Sene 1997, yer Hakkari Dağ ve Tugay Komutanlığı (şimdi tümen oldu sanırım). Hergün yazdığım onlarca olay, kaza, intihar raporundan birisi sadece:

Askerlerden birisi bir mazot tankını temizlerken zehirlenip ölmüş. E bu durumda ne yapılabilir? Ölen ölmüş, kimin umurunda ki… O sadece bir istatistiki bilgiden ibaret. Ona bu emri veren komutanın savunma yazısını okumak bile yetiyor konuyu anlamaya. Neymiş efendim, bu er “daha önce ben tamircide çalıştım, mazot kokusuna alışığım, ben temizlerim” demiş. Her şeye rağmen komutan “hayır” demiş; ama er emre itaat etmeyerek mazot tankını temizlemeye kalkmış ve ölmüş.
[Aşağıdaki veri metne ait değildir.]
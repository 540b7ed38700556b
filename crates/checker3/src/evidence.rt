//! What is behind the property, checked while it is read.

ghost use Rattle.std.specs.Prelude.{◌-◌, ◌<◌, ◌≤◌, ◌^◌, List, ◌++◌, length};
ghost use Rattle.base.specs.Devices.{Reads, FailsOnce};
ghost use Rattle.graph.specs.declared.circuit.Latch.{Latch as ALatch};
ghost use Rattle.graph.specs.declared.circuit.Gate.{Gate as AGate};
ghost use Rattle.graph.specs.declared.circuit.Lit.{Lit as ALit};
ghost use Rattle.graph.specs.declared.parts.Parts.{Parts as AParts};
ghost use Rattle.cnf.specs.Formulas.{IsInRange};
ghost use Rattle.certificate.specs.Streams.{FindsWith};
ghost use Rattle.certificate.specs.declared.reader_error.ReaderError.TheVariants.{Device};
ghost use Rattle.certificate3.specs.Reading.{clauses_at, evidence_at, evidence_of, proofs_at};
ghost use Rattle.checker3.specs.Judged.{IsJudgedFor, IsNoGrowth, IsProvedOver};

use crate::check_error::CheckError;
use crate::clauses::first_outside;
use crate::growing::{GrowError, grow};
use crate::sections::{Claims, check_proofs};
use base::Source;
use certificate::{Reader, ReaderError, read_clauses};
use certificate3::{SizesLine, read_gates, read_latches, skip_clauses, skip_proofs};
use graph::{Gate, Latch, Lit, Model};
use std::alloc::Global;

/// Reads the sections of these clauses, and checks the clauses and them. After the first fault they
/// are only read.
fn check_invariant<S: Source>(
    alloc: Global,
    claims: Claims,
    reader: &mut Reader,
    from: &mut S,
) -> Result<Option<CheckError>, ReaderError>
    requires source { S.failed from.old < 2 ^ 64 - 1 }
    requires few { length claims.invariant.now ≤ 4194303 }
    requires bad { IsInRange claims.circuit.now.max_var claims.bad }
    ensures says { (ls : List ALatch) (gs : List AGate) → Reads (S.leaves from.old) (S.leaves from.new) (λ ys zs. FindsWith (λ p found. IsProvedOver claims.entry.circuit.now claims.entry.bad (evidence_of ls gs claims.entry.invariant.now p) found) (proofs_at (length claims.entry.invariant.now) (reader.old.held ++ ys)) result reader.new.held zs) }
    ensures device { FailsOnce result Device (S.failed from.old) (S.failed from.new) }
{
    if let Some(clause) = first_outside(claims.circuit, claims.invariant) {
        skip_proofs(alloc, claims.invariant.len() as u32, reader, from)?;
        return Ok(Some(CheckError::Outside(clause)));
    }
    let found = check_proofs(alloc, claims, reader, from)?;
    match found {
        None => Ok(None),
        Some(fault) => Ok(Some(CheckError::Line(fault))),
    }
}

/// Reads the clauses and the sections, and checks them over the circuit. After the first fault they
/// are only read.
fn check_clauses<S: Source>(
    alloc: Global,
    circuit: &Model,
    bad: Lit,
    reader: &mut Reader,
    from: &mut S,
) -> Result<Option<CheckError>, ReaderError>
    requires source { S.failed from.old < 2 ^ 64 - 1 }
    requires bad { IsInRange circuit.now.max_var bad }
    ensures says { (ls : List ALatch) (gs : List AGate) → Reads (S.leaves from.old) (S.leaves from.new) (λ ys zs. FindsWith (IsProvedOver circuit.now bad) (clauses_at ls gs (reader.old.held ++ ys)) result reader.new.held zs) }
    ensures device { FailsOnce result Device (S.failed from.old) (S.failed from.new) }
{
    let count = reader.count(alloc, from)?;
    let invariant = read_clauses(alloc, count, reader, from)?;
    let claims = Claims {
        circuit,
        invariant: &invariant,
        bad,
    };
    check_invariant(alloc, claims, reader, from)
}

/// Reads the clauses and the sections behind latches and gates that are refused for this error. Out of
/// memory ends the reading.
fn refuse_growth<S: Source>(
    alloc: Global,
    error: GrowError,
    reader: &mut Reader,
    from: &mut S,
) -> Result<Option<CheckError>, ReaderError>
    requires source { S.failed from.old < 2 ^ 64 - 1 }
    ensures says { (m : AParts) (a : ALit) (ls : List ALatch) (gs : List AGate) → IsNoGrowth m ls gs error → Reads (S.leaves from.old) (S.leaves from.new) (λ ys zs. FindsWith (IsJudgedFor m a) (clauses_at ls gs (reader.old.held ++ ys)) result reader.new.held zs) }
    ensures device { FailsOnce result Device (S.failed from.old) (S.failed from.new) }
{
    match error {
        GrowError::OutOfMemory(refused) => Err(ReaderError::from(refused)),
        GrowError::Refused(refusal) => {
            skip_clauses(alloc, reader, from)?;
            Ok(Some(refusal))
        }
    }
}

/// Reads the clauses and the sections behind these latches and gates, and checks them over the circuit that they extend: where there
/// are none, over the circuit itself, of which no copy is made. After the first fault they are only read.
fn check_over<S: Source>(
    alloc: Global,
    circuit: &Model,
    bad: Lit,
    latches: &[Latch],
    gates: &[Gate],
    reader: &mut Reader,
    from: &mut S,
) -> Result<Option<CheckError>, ReaderError>
    requires source { S.failed from.old < 2 ^ 64 - 1 }
    requires bad { IsInRange circuit.now.max_var bad }
    ensures says { Reads (S.leaves from.old) (S.leaves from.new) (λ ys zs. FindsWith (IsJudgedFor circuit.now bad) (clauses_at latches.now gates.now (reader.old.held ++ ys)) result reader.new.held zs) }
    ensures device { FailsOnce result Device (S.failed from.old) (S.failed from.new) }
{
    circuit.well_formed();
    if latches.is_empty() && gates.is_empty() {
        return check_clauses(alloc, circuit, bad, reader, from);
    }
    match grow(alloc, circuit, latches, gates) {
        Ok(extended) => check_clauses(alloc, &extended, bad, reader, from),
        Err(error) => refuse_growth(alloc, error, reader, from),
    }
}

/// Reads all that is behind the property, and checks it for this one of the circuit's literals. After
/// the first fault it is only read.
pub fn check_evidence<S: Source>(
    alloc: Global,
    circuit: &Model,
    bad: Lit,
    reader: &mut Reader,
    from: &mut S,
) -> Result<Option<CheckError>, ReaderError>
    requires source { S.failed from.old < 2 ^ 64 - 1 }
    requires bad { IsInRange circuit.now.max_var bad }
    ensures says { Reads (S.leaves from.old) (S.leaves from.new) (λ ys zs. FindsWith (IsJudgedFor circuit.now bad) (evidence_at (reader.old.held ++ ys)) result reader.new.held zs) }
    ensures device { FailsOnce result Device (S.failed from.old) (S.failed from.new) }
{
    let sizes = reader.line::<SizesLine, S>(alloc, (), from)?;
    let latches = read_latches(alloc, sizes.latches, reader, from)?;
    let gates = read_gates(alloc, sizes.gates, reader, from)?;
    check_over(
        alloc,
        circuit,
        bad,
        latches.as_slice(),
        gates.as_slice(),
        reader,
        from,
    )
}
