//! The circuit with a certificate's latches and gates.

ghost use Rattle.base.specs.Witness.{witness};
ghost use Rattle.std.specs.Prelude.{◌≡◌, ◌+◌, ◌≤◌, length, IfErr, IfOk, MatchResult};
ghost use Rattle.extension.specs.Extended.{extended, IsExtension};
ghost use Rattle.checker3.specs.Judged.{IsGrown, IsNoExtension, IsNoGrowth};
ghost use Rattle.checker3.specs.declared.growing.GrowError.TheVariants.{OutOfMemory};

use crate::check_error::CheckError;
use base::Refused;
use extension::{extended_parts, is_extension};
use graph::{Gate, Latch, MOST_VARIABLES, Model, ReadError};
use std::alloc::Global;

/// The greatest variable that a circuit may have.
const MAX_VAR: usize = MOST_VARIABLES as usize;

/// Why a circuit is not extended.
#[derive(Clone, Copy)]
pub enum GrowError {
    /// The latches and gates are refused.
    Refused(CheckError),
    /// Memory is refused.
    OutOfMemory(Refused),
}

impl From<Refused> for GrowError {
    ghost from_gives = { λ _ e. e ≡ OutOfMemory witness };

    fn from(refused: Refused) -> GrowError {
        GrowError::OutOfMemory(refused)
    }
}

/// Looks whether the latches and gates extend the circuit within the limit.
fn check_extension(circuit: &Model, latches: &[Latch], gates: &[Gate]) -> Result<(), CheckError>
    ensures { MatchResult result (λ _. IsExtension circuit.now latches.now gates.now × (circuit.now.max_var + length latches.now + length gates.now ≤ 4194303)) (IsNoExtension circuit.now latches.now gates.now) }
{
    circuit.well_formed();
    if circuit.max_var() as usize + latches.len() + gates.len() > MAX_VAR {
        return Err(CheckError::Limit);
    }
    if !is_extension(circuit.parts(), latches, gates) {
        return Err(CheckError::NotExtension);
    }
    Ok(())
}

/// The circuit with these latches and gates, which extend it within the limit: where it is well
/// formed.
fn extended_model(
    alloc: Global,
    circuit: &Model,
    latches: &[Latch],
    gates: &[Gate],
) -> Result<Model, GrowError>
    requires extends { IsExtension circuit.now latches.now gates.now }
    requires within { circuit.now.max_var + length latches.now + length gates.now ≤ 4194303 }
    ensures grown { IfOk result (λ m. (m ≡ extended circuit.now latches.now gates.now) × IsGrown circuit.now latches.now gates.now) }
    ensures refused { IfErr result (IsNoGrowth circuit.now latches.now gates.now) }
{
    let parts = extended_parts(alloc, circuit.parts(), latches, gates)?;
    match Model::from_parts(alloc, parts) {
        Ok(model) => Ok(model),
        Err(ReadError::OutOfMemory(refused)) => Err(GrowError::OutOfMemory(refused)),
        Err(_) => Err(GrowError::Refused(CheckError::NotExtension)),
    }
}

/// The circuit with these latches and gates, or why there is none.
pub fn grow(
    alloc: Global,
    circuit: &Model,
    latches: &[Latch],
    gates: &[Gate],
) -> Result<Model, GrowError>
    ensures grown { IfOk result (λ m. (m ≡ extended circuit.now latches.now gates.now) × IsGrown circuit.now latches.now gates.now) }
    ensures refused { IfErr result (IsNoGrowth circuit.now latches.now gates.now) }
{
    match check_extension(circuit, latches, gates) {
        Ok(()) => extended_model(alloc, circuit, latches, gates),
        Err(refusal) => Err(GrowError::Refused(refusal)),
    }
}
Sonuç: Er suçlu, komutan suçsuz. Eminim yastığa başını koyduğunda rahat rahat uyuyordur. Daha sonra kulağımıza gelen bilgilere göre erin ailesi son derece fakir. Babası da sanırım felçli. Eri suçlu çıkartmayıp şehit saysalar en azından ailesine bir tazminat ve maaş alma hakkı verilecek.

Ama tüm bunların ne önemi var? Bir Türk subayının sicili mi önemli yoksa istatistikten ibaret bir erin hayatı ve ailesi mi?